12. A method of claim 5 which comprises topically administering to the affected external ear canal of said patient 10 mg/day to about 100 mg/day of said antifungal agent.

13. A method of claim 5 wherein said composition comprises 0.3% by weight of said antifungal agent.

14. A method of claim 5 wherein said composition comprises 1.0% by weight of said antifungal agent.

15. A method of claim 5 wherein said composition comprises 3.0% by weight of said antifungal agent.

16. A method of claim 5 wherein said composition comprises about 0.05% to about 10% by weight miconazole, about 0.5% to about 3% hydrocortisone, about 1% to about 4% acetic acid and a pharmaceutically acceptable liquid vehicle.

17. A method of claim 5 wherein said composition comprises about 0.05% to about 10% by weight itraconazole, about 0.5% to about 3% hydrocortisone, about 1% to about 4% acetic acid and a pharmaceutically acceptable liquid vehicle.

18. A method of claim 5 wherein said composition comprises about 0.3% to about 3% miconazole, about 1% hydrocortizone, about 2% acetic acid and a pharmaceutically acceptable liquid vehicle.

19. A method of claim 5 wherein said composition comprises about 0.3% to about 3% itraconazole, about 1% hydrocortizone, 2% acetic acid and a pharmaceutically acceptable liquid vehicle.

20. A method of claim 5 wherein said antifungal agent is administered for at least 3 days.

21. A method of claim 5 wherein said antifungal agent is administered for about 7 days to about 14 days.

22. A method of claim 5 wherein said antifungal agent is administered for up to 180 days.

23. A method of claim 5 wherein said composition further comprises a second agent selected from the group consisting of voriconazole, fluconazole, itraconazole, clotrimazole, miconazole, ravuconazole, posaconazole, oxiconazole, saperconazole, sulconazole, terconazole, tioconazole, econazole, enilaconazole, amphotericin B, natamycin, nikkomycin Z, caspofungin, micafungin, anidulafungin, terbinafine, naftifine, butenafine, amorolfine, flucytosine, nystatin, pimaricin, griseofulvin, ciclopirox, haloprogin, tolnaftate, and undecylenate.

24. A method of claim 5 wherein said composition further comprises an anesthetic agent.

25. A method of claim 5 wherein said composition further comprises an antiinflammatory agent.

26. A method of claim 25 wherein said antiinflammatory agent is a corticosteroid.

27. A method of claim 26 wherein said corticosteroid is hydrocortisone.

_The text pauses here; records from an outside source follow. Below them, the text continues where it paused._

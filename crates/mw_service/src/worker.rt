//! A worker: it serves sessions with its pass, its handle to the engine.
//!
//! Used by: `served`, mw_programs, for a script and for each client of a server without `--clients`. Change it with
//! `specs/Served`. docs/PROMISES cites `Worker::run`.
ghost use Rattle.std.specs.Prelude.{◌≡◌, true};
ghost use Rattle.std.specs.Io.KnownBytes.{IsAtEnd};
ghost use Rattle.mw_session.specs.KnownStreams.{IsTied, inner_of, reads_of, writes_of};
ghost use Rattle.mw_session.specs.RecordedCalls.{HasMade};
ghost use Rattle.mw_session.specs.declared.session.Ended.TheVariants.{PeerEnd};
ghost use Rattle.mw_engine.specs.Passes.{IsPassOf};
ghost use Rattle.mw_service.specs.Served.{IsSession};

use mw_disk::Disk;
use mw_engine::{Engine, EngineBrand, Hold, Pass};
use mw_session::{Ended, FaultWatch, NoOthers, PeerStream, RecordedStream, Session};
use std::alloc::Global;
use std::sync::Wait;

/// A worker of an engine. Its pass is idle between two requests.
#[derive(Drop)]
pub struct Worker<'a, J: EngineBrand, D: Disk, H, R, T> {
    pub(crate) engine: &'a Engine<J, D, H>,
    pub(crate) pass: Pass,
    pub(crate) rt: &'a R,
    pub(crate) watch: &'a T,
    ghost own: { IsPassOf J.identity pass },
    ghost idle: { pass.idle ≡ true },
}

impl<'a, J: EngineBrand, D: Disk, H, R, T> Worker<'a, J, D, H, R, T> {
    /// Makes a worker with this pass. It tells the watch of each request that is answered FAULT.
    pub fn new(engine: &'a Engine<J, D, H>, pass: Pass, rt: &'a R, watch: &'a T) -> Self
        requires own { IsPassOf J.identity pass }
        requires idle { pass.idle ≡ true }
        ensures { result.pass ≡ pass }
    {
        Worker {
            engine,
            pass,
            rt,
            watch,
        }
    }
}

impl<J: EngineBrand, D: Disk + Drop, H: Hold + Drop, R: Wait, T: FaultWatch> Worker<
    '_,
    J,
    D,
    H,
    R,
    T,
> {
    /// Serves one session: reads its lines and writes the reply to each, until it ends.
    ///
    /// Each reply to a job is right at a position in its tenant's history, or has its evidence. The
    /// position is no earlier than what the worker had seen when it asked. A stream may never end, so this
    /// may wait for ever.
    pub fn run<I: PeerStream>(&mut self, alloc: Global, stream: &mut RecordedStream<I>) -> Ended
        ensures session { IsSession J.identity (reads_of stream.old) (reads_of stream.new) (writes_of stream.old) (writes_of stream.new)
            self.old.pass self.new.pass result }
        ensures tied { IsTied I.remaining I.contents stream.old stream.new }
        ensures made { HasMade I.called stream.old stream.new }
        ensures at_end { result ≡ PeerEnd → IsAtEnd (I.remaining (inner_of stream.new)) }
    {
        let rt = self.rt;
        Session::run(alloc, rt, &NoOthers, stream, self)
    }
}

28. A method of claim 5 wherein said composition further comprises an acidifying agent.

29. A method of claim 28 wherein said acidifying agent is acetic acid.

30. A method of claim 5 wherein said composition is formulated as a liquid.

31. A method of claim 5 wherein said composition is administered as an ear drop.

32. A method of claim 5 wherein a Candida species is causative organism of said otitis externa.

33. A method of claim 32 wherein said Candida species is C. albicans.

34. A method of claim 5 wherein an Aspergillis species is a causative organism of said otitis externa.

35. A method of claim 34 wherein said Aspergillis species is A. niger or A. fumigatus.